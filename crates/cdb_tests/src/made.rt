//! Files that are made of pairs, by `write` and by a writer.
use crate::asking::add_number;
use crate::described::{file_of, pairs_of};
use pf_base::{Bytes, List, NoMemory, Pair};
use pf_cdb::{WriteFault, Writer, Written, write};
use std::alloc::Global;

// What a writer makes to which pairs are added one by one.
fn written(alloc: Global, pairs: &List<Pair>) -> Result<Written, WriteFault> {
    let mut writer = Writer::new(alloc)?;
    for pair in pairs.as_slice() {
        writer = writer.add(pair.key.as_slice(), pair.value.as_slice())?;
    }
    Ok(writer.finish(alloc)?)
}

// Its file.
fn added(alloc: Global, pairs: &List<Pair>) -> Result<Bytes, WriteFault> {
    let Written { bytes, .. } = written(alloc, pairs)?;
    Ok(bytes)
}

fn is_made(made: Result<Bytes, WriteFault>, wanted: &Bytes) -> Result<bool, NoMemory> {
    match made {
        Ok(file) => Ok(file.as_slice() == wanted.as_slice()),
        Err(WriteFault::TooLarge) => Ok(false),
        Err(WriteFault::NoMemory) => Err(NoMemory),
    }
}

/// Adds whether `write` and a writer make this file of its pairs.
pub fn add_made(alloc: Global, said: &mut Bytes, text: &str) -> Result<(), NoMemory> {
    let (pairs, _) = text.split_once(':').unwrap_or((text, ""));
    let pairs = pairs_of(alloc, pairs)?;
    let wanted = file_of(alloc, text)?;
    let by_write = is_made(write(alloc, &pairs), &wanted)?;
    let by_writer = is_made(added(alloc, &pairs), &wanted)?;
    said.extend(if by_write && by_writer { b"yes" } else { b"no" })
}

/// Adds whether a key comes more than once in pairs, as a writer says.
pub fn add_repeats(alloc: Global, said: &mut Bytes, text: &str) -> Result<(), NoMemory> {
    let pairs = pairs_of(alloc, text)?;
    match written(alloc, &pairs) {
        Ok(written) => said.extend(if written.repeats { b"yes" } else { b"no" }),
        Err(WriteFault::TooLarge) => said.extend(b"too large"),
        Err(WriteFault::NoMemory) => Err(NoMemory),
    }
}

fn add_size(
    alloc: Global,
    said: &mut Bytes,
    made: Result<Bytes, WriteFault>,
) -> Result<(), NoMemory> {
    match made {
        Ok(file) => add_number(alloc, said, file.len()),
        Err(WriteFault::TooLarge) => said.extend(b"too large"),
        Err(WriteFault::NoMemory) => Err(NoMemory),
    }
}

// A value with so many bytes, for a key without a byte.
fn one_pair(alloc: Global, size: usize) -> Result<List<Pair>, NoMemory> {
    let value = vec![in alloc; 0u8; size]?;
    let mut pairs = List::new(alloc);
    pairs.push(Pair {
        key: Bytes::new(alloc),
        value: Bytes::from_slice(alloc, value.as_slice())?,
    })?;
    Ok(pairs)
}

/// Adds how many bytes the file has of one pair whose value has so many bytes, as `write` and as a writer make it.
pub fn add_large(alloc: Global, said: &mut Bytes, size: usize) -> Result<(), NoMemory> {
    let pairs = one_pair(alloc, size)?;
    add_size(alloc, said, write(alloc, &pairs))?;
    said.push(b'|')?;
    add_size(alloc, said, added(alloc, &pairs))
}
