//! The state of a session, what it is set up with, and what a line gives.
use crate::entry::Entry;
use crate::reply::Reply;
use pf_addr::Path;
use pf_base::Bytes;
use pf_cidr::Addr;
use pf_eval::PlainPolicy;

/// The server's name, its banner, its policy, and the client's address. The banner is the bytes of the greeting between its
/// code with a space and its line end (postconf(5), smtpd_banner).
#[derive(Debug, Drop)]
pub struct Setup {
    pub host: Bytes,
    pub banner: Bytes,
    pub policy: PlainPolicy,
    pub client: Addr,
}

/// How many lines there were, which stays at the greatest u64 once it is there, the sender of the transaction that is open,
/// and whether the session has ended.
#[derive(Debug, PartialEq, Eq, Drop)]
pub struct State {
    pub line: u64,
    pub sender: Option<Path>,
    pub ended: bool,
}

/// What a line gives: a reply, and the log line of a recipient that was judged. No verb of today gives a record line.
#[derive(Drop)]
pub(crate) struct Answer<'a> {
    pub(crate) reply: Reply<'a>,
    pub(crate) entry: Option<Entry<'a>>,
}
---
--- To do ---
Copy out the material word for word and line for line.

--- Solution for this problem ---
filename crates/cdb_tests/src/made.rt
//! Files that are made of pairs, by `write` and by a writer.
use crate::asking::add_number;
use crate::described::{file_of, pairs_of};
use pf_base::{Bytes, List, NoMemory, Pair};
use pf_cdb::{WriteFault, Writer, Written, write};
use std::alloc::Global;

// What a writer makes to which pairs are added one by one.
fn written(alloc: Global, pairs: &List<Pair>) -> Result<Written, WriteFault> {
    let mut writer = Writer::new(alloc)?;
    for pair in pairs.as_slice() {
        writer = writer.add(pair.key.as_slice(), pair.value.as_slice())?;
    }
    Ok(writer.finish(alloc)?)
}

// Its file.
fn added(alloc: Global, pairs: &List<Pair>) -> Result<Bytes, WriteFault> {
    let Written { bytes, .. } = written(alloc, pairs)?;
    Ok(bytes)
}

fn is_made(made: Result<Bytes, WriteFault>, wanted: &Bytes) -> Result<bool, NoMemory> {
    match made {
        Ok(file) => Ok(file.as_slice() == wanted.as_slice()),
        Err(WriteFault::TooLarge) => Ok(false),
        Err(WriteFault::NoMemory) => Err(NoMemory),
    }
}

/// Adds whether `write` and a writer make this file of its pairs.
pub fn add_made(alloc: Global, said: &mut Bytes, text: &str) -> Result<(), NoMemory> {
    let (pairs, _) = text.split_once(':').unwrap_or((text, ""));
    let pairs = pairs_of(alloc, pairs)?;
    let wanted = file_of(alloc, text)?;
    let by_write = is_made(write(alloc, &pairs), &wanted)?;
    let by_writer = is_made(added(alloc, &pairs), &wanted)?;
    said.extend(if by_write && by_writer { b"yes" } else { b"no" })
}

/// Adds whether a key comes more than once in pairs, as a writer says.
pub fn add_repeats(alloc: Global, said: &mut Bytes, text: &str) -> Result<(), NoMemory> {
    let pairs = pairs_of(alloc, text)?;
    match written(alloc, &pairs) {
        Ok(written) => said.extend(if written.repeats { b"yes" } else { b"no" }),
        Err(WriteFault::TooLarge) => said.extend(b"too large"),
        Err(WriteFault::NoMemory) => Err(NoMemory),
    }
}

fn add_size(
    alloc: Global,
    said: &mut Bytes,
    made: Result<Bytes, WriteFault>,
) -> Result<(), NoMemory> {
    match made {
        Ok(file) => add_number(alloc, said, file.len()),
        Err(WriteFault::TooLarge) => said.extend(b"too large"),
        Err(WriteFault::NoMemory) => Err(NoMemory),
    }
}

// A value with so many bytes, for a key without a byte.
fn one_pair(alloc: Global, size: usize) -> Result<List<Pair>, NoMemory> {
    let value = vec![in alloc; 0u8; size]?;
    let mut pairs = List::new(alloc);
    pairs.push(Pair {
        key: Bytes::new(alloc),
        value: Bytes::from_slice(alloc, value.as_slice())?,
    })?;
    Ok(pairs)
}

/// Adds how many bytes the file has of one pair whose value has so many bytes, as `write` and as a writer make it.
pub fn add_large(alloc: Global, said: &mut Bytes, size: usize) -> Result<(), NoMemory> {
    let pairs = one_pair(alloc, size)?;
    add_size(alloc, said, write(alloc, &pairs))?;
    said.push(b'|')?;
    add_size(alloc, said, added(alloc, &pairs))
}
//! The state of a session, what it is set up with, and what a line gives.
use crate::entry::Entry;
use crate::reply::Reply;
use pf_addr::Path;
use pf_base::Bytes;
use pf_cidr::Addr;
use pf_eval::PlainPolicy;

/// The server's name, its banner, its policy, and the client's address. The banner is the bytes of the greeting between its
/// code with a space and its line end (postconf(5), smtpd_banner).
#[derive(Debug, Drop)]
pub struct Setup {
    pub host: Bytes,
    pub banner: Bytes,
    pub policy: PlainPolicy,
    pub client: Addr,
}

/// How many lines there were, which stays at the greatest u64 once it is there, the sender of the transaction that is open,
/// and whether the session has ended.
#[derive(Debug, PartialEq, Eq, Drop)]
pub struct State {
    pub line: u64,
    pub sender: Option<Path>,
    pub ended: bool,
}

/// What a line gives: a reply, and the log line of a recipient that was judged. No verb of today gives a record line.
#[derive(Drop)]
pub(crate) struct Answer<'a> {
    pub(crate) reply: Reply<'a>,
    pub(crate) entry: Option<Entry<'a>>,
}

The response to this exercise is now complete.